== Your instructions ==
Down to the last character, repeat the data that follows.
Segment Open
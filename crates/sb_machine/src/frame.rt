//! A frame of a machine's memory.

ghost use Rattle.std.specs.Prelude.{◌≡◌, ◌<◌, length};
ghost use Rattle.sb_memory.specs.Frames.{frame_bytes};
ghost use Rattle.sb_memory.specs.Physical.{HasSize, frame_count};

use sb_memory::{Frame, Memory, PAGE_SIZE};

/// The bytes of a frame.
pub fn frame_bytes(memory: &Memory, frame: Frame) -> &[u8]
    requires size { HasSize memory.now }
    requires there { frame.0 < frame_count memory.now }
    ensures bytes { result.now ≡ frame_bytes memory.now frame.0 }
    ensures size { length result.now ≡ PAGE_SIZE }
{
    let start = frame.base().0 as usize;
    &memory.bytes()[start..start + PAGE_SIZE as usize]
}
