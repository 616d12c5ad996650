// The three demands, over the contracts of the public calls. They are statements and proofs alone; no code stands here.
#![tactic(auto)]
Segment Closed
== Expected answer ==
filename crates/sb_machine/src/frame.rt
//! A frame of a machine's memory.

ghost use Rattle.std.specs.Prelude.{◌≡◌, ◌<◌, length};
ghost use Rattle.sb_memory.specs.Frames.{frame_bytes};
ghost use Rattle.sb_memory.specs.Physical.{HasSize, frame_count};

use sb_memory::{Frame, Memory, PAGE_SIZE};

/// The bytes of a frame.
pub fn frame_bytes(memory: &Memory, frame: Frame) -> &[u8]
    requires size { HasSize memory.now }
    requires there { frame.0 < frame_count memory.now }
    ensures bytes { result.now ≡ frame_bytes memory.now frame.0 }
    ensures size { length result.now ≡ PAGE_SIZE }
{
    let start = frame.base().0 as usize;
    &memory.bytes()[start..start + PAGE_SIZE as usize]
}
repository 616d12c5ad996650
// The three demands, over the contracts of the public calls. They are statements and proofs alone; no code stands here.
#![tactic(auto)]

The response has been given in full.